• _DIRECTIONS FOR THIS TASK_
Make a verbatim copy of all the records.

• _DATA EXTRACT_
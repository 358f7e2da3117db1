// The tests of the two calls, in the order of their numbers.
ghost use Rattle.std.specs.Prelude.{◌≡◌, length};
ghost use Rattle.lists.specs.Values as Verdicts;
ghost use Rattle.spec_dipoles.specs.Calls as Calls;

use lists::drawing::Drawing;
use lists::refusal::{Refusal, room_refusal};
use lists::tests::{point_count, points_refusal, scale_refusal, triangles_refusal};
use tree::calls::tree_refusal;

// The first of the tests 1 to 4, 6 and 71 to 75 that refuses.
pub fn sums_refusal(drawing: &Drawing, room: usize) -> Result<(), Refusal>
    ensures { Verdicts.as_verdict result
        ≡ Calls.sums_refusal drawing.now.triangles.now drawing.now.order.now drawing.now.links.now
        drawing.now.boxes.now drawing.now.nodes room }
{
    triangles_refusal(drawing.triangles)?;
    room_refusal(room / 16, drawing.nodes)?;
    tree_refusal(drawing)
}

// The first of the tests 1 to 4, 6, 71 to 75, 8 and 14 that refuses.
pub fn fast_refusal(
    drawing: &Drawing,
    sums: &[f32],
    points: &[f32],
    accuracy: f32,
    room: usize,
) -> Result<(), Refusal>
    ensures { Verdicts.as_verdict result
        ≡ Calls.fast_refusal drawing.now.triangles.now drawing.now.order.now drawing.now.links.now
        drawing.now.boxes.now drawing.now.nodes sums.now points.now accuracy room }
{
    triangles_refusal(drawing.triangles)?;
    room_refusal(room, point_count(points))?;
    room_refusal(sums.len() / 16, drawing.nodes)?;
    tree_refusal(drawing)?;
    points_refusal(points)?;
    scale_refusal(accuracy)
}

• _SOLVED PROBLEM_
repository 358f7e2da3117db1
// The tests of the two calls, in the order of their numbers.
ghost use Rattle.std.specs.Prelude.{◌≡◌, length};
ghost use Rattle.lists.specs.Values as Verdicts;
ghost use Rattle.spec_dipoles.specs.Calls as Calls;

use lists::drawing::Drawing;
use lists::refusal::{Refusal, room_refusal};
use lists::tests::{point_count, points_refusal, scale_refusal, triangles_refusal};
use tree::calls::tree_refusal;

// The first of the tests 1 to 4, 6 and 71 to 75 that refuses.
pub fn sums_refusal(drawing: &Drawing, room: usize) -> Result<(), Refusal>
    ensures { Verdicts.as_verdict result
        ≡ Calls.sums_refusal drawing.now.triangles.now drawing.now.order.now drawing.now.links.now
        drawing.now.boxes.now drawing.now.nodes room }
{
    triangles_refusal(drawing.triangles)?;
    room_refusal(room / 16, drawing.nodes)?;
    tree_refusal(drawing)
}

// The first of the tests 1 to 4, 6, 71 to 75, 8 and 14 that refuses.
pub fn fast_refusal(
    drawing: &Drawing,
    sums: &[f32],
    points: &[f32],
    accuracy: f32,
    room: usize,
) -> Result<(), Refusal>
    ensures { Verdicts.as_verdict result
        ≡ Calls.fast_refusal drawing.now.triangles.now drawing.now.order.now drawing.now.links.now
        drawing.now.boxes.now drawing.now.nodes sums.now points.now accuracy room }
{
    triangles_refusal(drawing.triangles)?;
    room_refusal(room, point_count(points))?;
    room_refusal(sums.len() / 16, drawing.nodes)?;
    tree_refusal(drawing)?;
    points_refusal(points)?;
    scale_refusal(accuracy)
}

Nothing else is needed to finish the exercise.